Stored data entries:
========
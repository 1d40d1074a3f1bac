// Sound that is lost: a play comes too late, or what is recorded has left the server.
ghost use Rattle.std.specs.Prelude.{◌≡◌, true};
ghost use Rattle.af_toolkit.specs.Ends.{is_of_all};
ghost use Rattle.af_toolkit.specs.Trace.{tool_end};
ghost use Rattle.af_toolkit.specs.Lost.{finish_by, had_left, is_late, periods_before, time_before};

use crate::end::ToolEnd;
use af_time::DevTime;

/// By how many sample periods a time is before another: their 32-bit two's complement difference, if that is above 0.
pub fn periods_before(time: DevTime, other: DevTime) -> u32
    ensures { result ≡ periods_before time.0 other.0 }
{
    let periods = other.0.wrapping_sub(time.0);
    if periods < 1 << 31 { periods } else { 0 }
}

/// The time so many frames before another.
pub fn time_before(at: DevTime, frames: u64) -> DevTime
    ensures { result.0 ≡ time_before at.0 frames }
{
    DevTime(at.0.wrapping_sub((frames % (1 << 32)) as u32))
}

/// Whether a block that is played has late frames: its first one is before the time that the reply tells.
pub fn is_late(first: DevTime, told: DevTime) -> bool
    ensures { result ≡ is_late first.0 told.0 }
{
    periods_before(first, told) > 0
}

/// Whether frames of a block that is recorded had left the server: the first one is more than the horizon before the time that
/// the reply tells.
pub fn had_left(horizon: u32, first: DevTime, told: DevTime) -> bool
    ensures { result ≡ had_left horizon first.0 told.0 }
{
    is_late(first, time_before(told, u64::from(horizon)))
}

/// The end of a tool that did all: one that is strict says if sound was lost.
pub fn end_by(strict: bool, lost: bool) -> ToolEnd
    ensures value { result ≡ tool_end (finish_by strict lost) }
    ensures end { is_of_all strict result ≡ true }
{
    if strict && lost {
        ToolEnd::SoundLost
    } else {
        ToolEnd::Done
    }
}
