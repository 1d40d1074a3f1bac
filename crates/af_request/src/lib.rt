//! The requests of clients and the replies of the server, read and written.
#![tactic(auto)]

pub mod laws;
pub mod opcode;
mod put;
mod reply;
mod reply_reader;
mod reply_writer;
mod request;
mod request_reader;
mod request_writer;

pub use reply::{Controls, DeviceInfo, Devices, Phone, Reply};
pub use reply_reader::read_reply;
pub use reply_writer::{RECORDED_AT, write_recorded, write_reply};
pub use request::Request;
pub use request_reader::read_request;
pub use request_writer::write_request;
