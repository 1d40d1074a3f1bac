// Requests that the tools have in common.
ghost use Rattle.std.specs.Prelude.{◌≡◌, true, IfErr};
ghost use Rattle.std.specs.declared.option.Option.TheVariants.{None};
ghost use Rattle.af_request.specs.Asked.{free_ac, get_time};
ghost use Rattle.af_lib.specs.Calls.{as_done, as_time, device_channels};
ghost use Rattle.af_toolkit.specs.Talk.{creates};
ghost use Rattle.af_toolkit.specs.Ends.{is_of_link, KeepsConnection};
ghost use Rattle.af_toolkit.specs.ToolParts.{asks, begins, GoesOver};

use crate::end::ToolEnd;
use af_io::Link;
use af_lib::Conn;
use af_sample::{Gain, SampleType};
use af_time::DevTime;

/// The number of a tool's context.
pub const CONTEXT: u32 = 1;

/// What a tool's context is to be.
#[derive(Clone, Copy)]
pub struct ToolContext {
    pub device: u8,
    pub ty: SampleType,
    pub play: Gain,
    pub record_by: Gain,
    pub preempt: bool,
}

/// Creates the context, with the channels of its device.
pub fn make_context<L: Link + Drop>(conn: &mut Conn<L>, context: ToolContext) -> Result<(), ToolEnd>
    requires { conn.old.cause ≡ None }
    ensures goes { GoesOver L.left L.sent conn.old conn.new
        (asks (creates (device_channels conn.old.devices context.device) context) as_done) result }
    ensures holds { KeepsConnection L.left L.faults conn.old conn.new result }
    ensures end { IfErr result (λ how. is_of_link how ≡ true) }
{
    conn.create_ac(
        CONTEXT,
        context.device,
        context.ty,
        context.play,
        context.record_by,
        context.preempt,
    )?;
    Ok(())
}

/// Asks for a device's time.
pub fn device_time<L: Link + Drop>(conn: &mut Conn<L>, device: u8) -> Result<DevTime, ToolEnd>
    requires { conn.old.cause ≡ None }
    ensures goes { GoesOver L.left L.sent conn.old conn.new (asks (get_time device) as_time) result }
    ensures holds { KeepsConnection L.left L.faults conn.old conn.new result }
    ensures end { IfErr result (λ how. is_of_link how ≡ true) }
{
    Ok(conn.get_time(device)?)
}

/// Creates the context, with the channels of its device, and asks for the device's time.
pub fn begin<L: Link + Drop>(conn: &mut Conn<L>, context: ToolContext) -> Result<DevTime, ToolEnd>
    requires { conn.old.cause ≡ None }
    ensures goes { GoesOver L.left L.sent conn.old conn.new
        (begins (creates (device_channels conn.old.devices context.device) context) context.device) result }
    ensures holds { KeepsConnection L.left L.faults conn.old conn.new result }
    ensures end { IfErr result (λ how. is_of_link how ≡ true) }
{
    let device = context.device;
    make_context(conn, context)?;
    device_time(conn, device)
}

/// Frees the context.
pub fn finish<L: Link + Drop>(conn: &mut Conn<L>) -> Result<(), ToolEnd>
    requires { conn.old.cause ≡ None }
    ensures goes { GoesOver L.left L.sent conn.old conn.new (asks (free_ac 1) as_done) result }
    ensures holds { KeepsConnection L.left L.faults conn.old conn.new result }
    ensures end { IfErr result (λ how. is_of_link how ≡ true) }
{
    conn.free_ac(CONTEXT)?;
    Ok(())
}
========
**ACTION ITEM**:
Collect the lines of the data that carry the word "SampleType".

**ANSWER TO THE EXERCISE**:
use af_sample::{Gain, SampleType};
    pub ty: SampleType,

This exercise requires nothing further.